▶ Aim of the task: Using the listing below, copy exactly the lines from the one containing "ghost use Rattle.css_words.specs.Pair" to the one containing "matches.all)) faults.Memory result", both lines included, and no others.

------------------------------------------------------------

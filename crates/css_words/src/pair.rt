ghost use Rattle.std.specs.Prelude.{◌≡◌, ℕ, IfOk, List, Ok, map, string_bytes};
ghost use Rattle.std.specs.Str.{IsUtf8};
ghost use Rattle.clap.specs.Words.{found_of, rows_of};
ghost use Rattle.css_num.specs.Gives.{GivesBy};
ghost use Rattle.css_words.specs.Pair as pair;
ghost use Rattle.css_words.specs.Written.{AreWritable};
ghost use Rattle.css_words.specs.declared.fault.WordsFault.TheVariants as faults;

use crate::companion::options_in;
use crate::fault::WordsFault;
use crate::options::{Matches, matches_of};
use crate::tv::{FLAGS, LOCAL_HOST, tv_at};
use crate::words::PairWords;
use clap::ArgMatches;
use css_num::Text;
use std::alloc::Global;

pub static OPTIONS: [&str; 14] = [
    "selector",
    "stem",
    "reports",
    "turns",
    "seconds",
    "report-every",
    "ask-every",
    "local-error",
    "local-precision",
    "earliest",
    "latest",
    "port",
    "precision",
    "error",
];

fn pair_matches<'a>(alloc: Global, words: &'a [String]) -> Result<Matches<'a>, WordsFault>
    ensures { GivesBy (λ matches. rows_of (found_of matches.all)) faults.Memory result
        (pair.pair_rows (map string_bytes words.entry.now)) }
{
    matches_of(alloc, OPTIONS.as_slice(), FLAGS.as_slice(), words)
}

// The television and the companion that the matches of some words ask for.
#[tactic(auto, unfolding(crate::specs::Pair::pair_in))]
fn pair_from(alloc: Global, matches: &ArgMatches<'_>) -> Result<PairWords, WordsFault>
    ensures value { (words : List (List ℕ)) → pair.pair_rows words ≡ Ok (rows_of (found_of matches.now))
        → GivesBy pair.pair_of faults.Memory result (pair.pair_in words) }
    ensures utf8 { IfOk result (λ words. IsUtf8 words.tv.host) }
    ensures writable { IfOk result (λ words. AreWritable words.companion) }
{
    let companion = options_in(alloc, matches)?;
    let host = Text::of(alloc, LOCAL_HOST.as_bytes())?;
    let tv = tv_at(matches, host)?;
    Ok(PairWords { companion, tv })
}

/// The television and the companion that the words of `pair` ask for. Only this machine can reach the television.
#[tactic(auto, unfolding(crate::specs::Pair::pair_in))]
pub fn pair_words(alloc: Global, words: &[String]) -> Result<PairWords, WordsFault>
    ensures value { GivesBy pair.pair_of faults.Memory result (pair.pair_in (map string_bytes words.now)) }
    ensures utf8 { IfOk result (λ words. IsUtf8 words.tv.host) }
    ensures writable { IfOk result (λ words. AreWritable words.companion) }
{
    let matches = pair_matches(alloc, words)?;
    pair_from(alloc, &matches.all)
}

------------------------------------------------------------

▶ Answer:
ghost use Rattle.css_words.specs.Pair as pair;
ghost use Rattle.css_words.specs.Written.{AreWritable};
ghost use Rattle.css_words.specs.declared.fault.WordsFault.TheVariants as faults;

use crate::companion::options_in;
use crate::fault::WordsFault;
use crate::options::{Matches, matches_of};
use crate::tv::{FLAGS, LOCAL_HOST, tv_at};
use crate::words::PairWords;
use clap::ArgMatches;
use css_num::Text;
use std::alloc::Global;

pub static OPTIONS: [&str; 14] = [
    "selector",
    "stem",
    "reports",
    "turns",
    "seconds",
    "report-every",
    "ask-every",
    "local-error",
    "local-precision",
    "earliest",
    "latest",
    "port",
    "precision",
    "error",
];

fn pair_matches<'a>(alloc: Global, words: &'a [String]) -> Result<Matches<'a>, WordsFault>
    ensures { GivesBy (λ matches. rows_of (found_of matches.all)) faults.Memory result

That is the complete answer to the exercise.